All records need to be reproduced exactly. Keep every word as it is.

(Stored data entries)
--------------------

//! What a function has defined so far, as far as its text was read.

ghost use Rattle.std.specs.Prelude.{◌≡◌, ◌<◌, length, map, IfOk, OnOk};
ghost use Rattle.ir_tree.specs.Table.{Table};
ghost use Rattle.ir_tree.specs.Naming.{Grows, name_at};
ghost use Rattle.ir_instr.specs.Defined.{AreNames};
ghost use Rattle.ir_grammar.specs.Scopes as spec;
ghost use Rattle.ir_reader.specs.Scoping.{scope_at};

use ir_instr::defined::Defined;
use ir_tree::nodes::NameId;
use ir_tree::table::Names;
use pv_base::name::Name;
use pv_base::want::Memory;
use std::alloc::Global;

/// The number that the next unnamed argument, block or result takes, and the names of those before it.
#[derive(Drop)]
pub struct Scope {
    pub next: u64,
    pub defined: Defined,
}

/// The counter behind a name: a number moves it.
fn counted(next: u64, name: &Name) -> Result<u64, Memory>
    ensures { IfOk result (λ n. n ≡ spec.counted next name.now) }
{
    match name {
        Name::Named(_) => Ok(next),
        Name::Numbered(_) => match next.checked_add(1) {
            Some(next) => Ok(next),
            None => Err(Memory),
        },
    }
}

impl Scope {
    ghost use Rattle.std.specs.Prelude.{[]};

    /// Before the parameters.
    pub fn new(alloc: Global) -> Scope
        ensures { result ≡ record { next = 0; defined = [] } }
    {
        Scope {
            next: 0,
            defined: Defined::new(alloc),
        }
    }

    /// Notes a name that is defined. A count of 2^64 is taken for want of memory; no text reaches it.
    pub fn define(&mut self, names: &Names, name: NameId) -> Result<(), Memory>
        requires names { AreNames names.now self.old.defined }
        requires name { name < length names.now.names }
        ensures defines { OnOk result ((later : Table) → Grows names.now later → scope_at later self.new ≡ spec.defining (scope_at later self.old) (name_at later name)) }
        ensures names { OnOk result (AreNames names.now self.new.defined) }
    {
        names.is_table();
        match names.name(name) {
            Some(spelled) => {
                self.next = counted(self.next, spelled)?;
                self.defined.push(name)
            }
            None => Ok(()),
        }
    }

    /// Counts a parameter without a name.
    pub fn count(&mut self) -> Result<(), Memory>
        ensures counts { OnOk result ((later : Table) → scope_at later self.new ≡ spec.after_name (scope_at later self.old) None) }
        ensures same { OnOk result (self.new.defined ≡ self.old.defined) }
    {
        match self.next.checked_add(1) {
            Some(next) => {
                self.next = next;
                Ok(())
            }
            None => Err(Memory),
        }
    }
}
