//! Calls of the program, and what they answer.
use privateer_core::top::plain_top;
use pv_base::bytes::Bytes;
use pv_base::in_memory::{MemFiles, MemSink};
use pv_base::list::List;
use pv_base::want::Memory;
use std::alloc::Global;

/// Room for the output: one byte more than a program may print.
const OUT_ROOM: usize = 16_777_217;

/// Room for the report.
const REPORT_ROOM: usize = 20_000;

fn files_of(alloc: Global, module: &[u8], input: &str) -> Result<MemFiles, Memory> {
    let mut files = List::new(alloc);
    let name = Bytes::from_slice(alloc, b"m")?;
    files.push((name, Bytes::from_slice(alloc, module)?))?;
    let name = Bytes::from_slice(alloc, b"i")?;
    files.push((name, Bytes::from_slice(alloc, input.as_bytes())?))?;
    Ok(MemFiles::new(files, List::new(alloc)))
}

/// The answer to words: the status, a blank, the output, `|` and the report.
fn called(alloc: Global, words: &[&str], mut files: MemFiles) -> Result<String, Memory> {
    let mut list = List::new(alloc);
    for word in words {
        list.push(Bytes::from_slice(alloc, word.as_bytes())?)?;
    }
    let mut out = MemSink::with_room(alloc, OUT_ROOM, List::new(alloc))?;
    let mut report = MemSink::with_room(alloc, REPORT_ROOM, List::new(alloc))?;
    let status = plain_top(alloc, &list, &mut files, &mut out, &mut report);
    let mut told = Bytes::from_slice(alloc, &[b'0'.wrapping_add(status), b' '])?;
    told.append(out.bytes())?;
    told.append(b"|")?;
    told.append(report.bytes())?;
    Ok(String::from_utf8_lossy(alloc, told.as_slice())?)
}

/// The answer to a run of a module on an input.
pub(crate) fn run(
    alloc: Global,
    module: &[u8],
    input: &str,
    budget: &str,
) -> Result<String, Memory> {
    let words = ["privateer", "run", "m", "i", "--budget", budget];
    called(alloc, &words, files_of(alloc, module, input)?)
}

/// The answer to the check of a module.
pub(crate) fn check(alloc: Global, module: &[u8]) -> Result<String, Memory> {
    called(
        alloc,
        &["privateer", "check", "m"],
        files_of(alloc, module, "")?,
    )
}

/// The pieces, one after another.
pub(crate) fn joined(alloc: Global, pieces: &[&str]) -> Result<Bytes, Memory> {
    let mut text = Bytes::new(alloc);
    for piece in pieces {
        text.append(piece.as_bytes())?;
    }
    Ok(text)
}

/// A module with these items and a loop of so many turns.
pub(crate) fn turning(
    alloc: Global,
    items: &str,
    turns: &str,
    body: &str,
) -> Result<Bytes, Memory> {
    let before =
        "define i32 @main() {\nentry:\n  br label %head\nhead:\n  %i = phi i32 [ 0, %entry ], [ %i2, %latch ]\n  %c = icmp slt i32 %i, ";
    let behind = "latch:\n  %i2 = add i32 %i, 1\n  br label %head\ndone:\n  ret i32 0\n}\n";
    let branch = "\n  br i1 %c, label %body, label %done\nbody:\n";
    joined(alloc, &[items, before, turns, branch, body, behind])
}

--------------------

§ **Finished exercise**:
//! What a function has defined so far, as far as its text was read.

ghost use Rattle.std.specs.Prelude.{◌≡◌, ◌<◌, length, map, IfOk, OnOk};
ghost use Rattle.ir_tree.specs.Table.{Table};
ghost use Rattle.ir_tree.specs.Naming.{Grows, name_at};
ghost use Rattle.ir_instr.specs.Defined.{AreNames};
ghost use Rattle.ir_grammar.specs.Scopes as spec;
ghost use Rattle.ir_reader.specs.Scoping.{scope_at};

use ir_instr::defined::Defined;
use ir_tree::nodes::NameId;
use ir_tree::table::Names;
use pv_base::name::Name;
use pv_base::want::Memory;
use std::alloc::Global;

/// The number that the next unnamed argument, block or result takes, and the names of those before it.
#[derive(Drop)]
pub struct Scope {
    pub next: u64,
    pub defined: Defined,
}

/// The counter behind a name: a number moves it.
fn counted(next: u64, name: &Name) -> Result<u64, Memory>
    ensures { IfOk result (λ n. n ≡ spec.counted next name.now) }
{
    match name {
        Name::Named(_) => Ok(next),
        Name::Numbered(_) => match next.checked_add(1) {
            Some(next) => Ok(next),
            None => Err(Memory),
        },
    }
}

impl Scope {
    ghost use Rattle.std.specs.Prelude.{[]};

    /// Before the parameters.
    pub fn new(alloc: Global) -> Scope
        ensures { result ≡ record { next = 0; defined = [] } }
    {
        Scope {
            next: 0,
            defined: Defined::new(alloc),
        }
    }

    /// Notes a name that is defined. A count of 2^64 is taken for want of memory; no text reaches it.
    pub fn define(&mut self, names: &Names, name: NameId) -> Result<(), Memory>
        requires names { AreNames names.now self.old.defined }
        requires name { name < length names.now.names }
        ensures defines { OnOk result ((later : Table) → Grows names.now later → scope_at later self.new ≡ spec.defining (scope_at later self.old) (name_at later name)) }
        ensures names { OnOk result (AreNames names.now self.new.defined) }
    {
        names.is_table();
        match names.name(name) {
            Some(spelled) => {
                self.next = counted(self.next, spelled)?;
                self.defined.push(name)
            }
            None => Ok(()),
        }
    }

    /// Counts a parameter without a name.
    pub fn count(&mut self) -> Result<(), Memory>
        ensures counts { OnOk result ((later : Table) → scope_at later self.new ≡ spec.after_name (scope_at later self.old) None) }
        ensures same { OnOk result (self.new.defined ≡ self.old.defined) }
    {
        match self.next.checked_add(1) {
            Some(next) => {
                self.next = next;
                Ok(())
            }
            None => Err(Memory),
        }
    }
}
//! Calls of the program, and what they answer.
use privateer_core::top::plain_top;
use pv_base::bytes::Bytes;
use pv_base::in_memory::{MemFiles, MemSink};
use pv_base::list::List;
use pv_base::want::Memory;
use std::alloc::Global;

/// Room for the output: one byte more than a program may print.
const OUT_ROOM: usize = 16_777_217;

/// Room for the report.
const REPORT_ROOM: usize = 20_000;

fn files_of(alloc: Global, module: &[u8], input: &str) -> Result<MemFiles, Memory> {
    let mut files = List::new(alloc);
    let name = Bytes::from_slice(alloc, b"m")?;
    files.push((name, Bytes::from_slice(alloc, module)?))?;
    let name = Bytes::from_slice(alloc, b"i")?;
    files.push((name, Bytes::from_slice(alloc, input.as_bytes())?))?;
    Ok(MemFiles::new(files, List::new(alloc)))
}

/// The answer to words: the status, a blank, the output, `|` and the report.
fn called(alloc: Global, words: &[&str], mut files: MemFiles) -> Result<String, Memory> {
    let mut list = List::new(alloc);
    for word in words {
        list.push(Bytes::from_slice(alloc, word.as_bytes())?)?;
    }
    let mut out = MemSink::with_room(alloc, OUT_ROOM, List::new(alloc))?;
    let mut report = MemSink::with_room(alloc, REPORT_ROOM, List::new(alloc))?;
    let status = plain_top(alloc, &list, &mut files, &mut out, &mut report);
    let mut told = Bytes::from_slice(alloc, &[b'0'.wrapping_add(status), b' '])?;
    told.append(out.bytes())?;
    told.append(b"|")?;
    told.append(report.bytes())?;
    Ok(String::from_utf8_lossy(alloc, told.as_slice())?)
}

/// The answer to a run of a module on an input.
pub(crate) fn run(
    alloc: Global,
    module: &[u8],
    input: &str,
    budget: &str,
) -> Result<String, Memory> {
    let words = ["privateer", "run", "m", "i", "--budget", budget];
    called(alloc, &words, files_of(alloc, module, input)?)
}

/// The answer to the check of a module.
pub(crate) fn check(alloc: Global, module: &[u8]) -> Result<String, Memory> {
    called(
        alloc,
        &["privateer", "check", "m"],
        files_of(alloc, module, "")?,
    )
}

/// The pieces, one after another.
pub(crate) fn joined(alloc: Global, pieces: &[&str]) -> Result<Bytes, Memory> {
    let mut text = Bytes::new(alloc);
    for piece in pieces {
        text.append(piece.as_bytes())?;
    }
    Ok(text)
}

/// A module with these items and a loop of so many turns.
pub(crate) fn turning(
    alloc: Global,
    items: &str,
    turns: &str,
    body: &str,
) -> Result<Bytes, Memory> {
    let before =
        "define i32 @main() {\nentry:\n  br label %head\nhead:\n  %i = phi i32 [ 0, %entry ], [ %i2, %latch ]\n  %c = icmp slt i32 %i, ";
    let behind = "latch:\n  %i2 = add i32 %i, 1\n  br label %head\ndone:\n  ret i32 0\n}\n";
    let branch = "\n  br i1 %c, label %body, label %done\nbody:\n";
    joined(alloc, &[items, before, turns, branch, body, behind])
}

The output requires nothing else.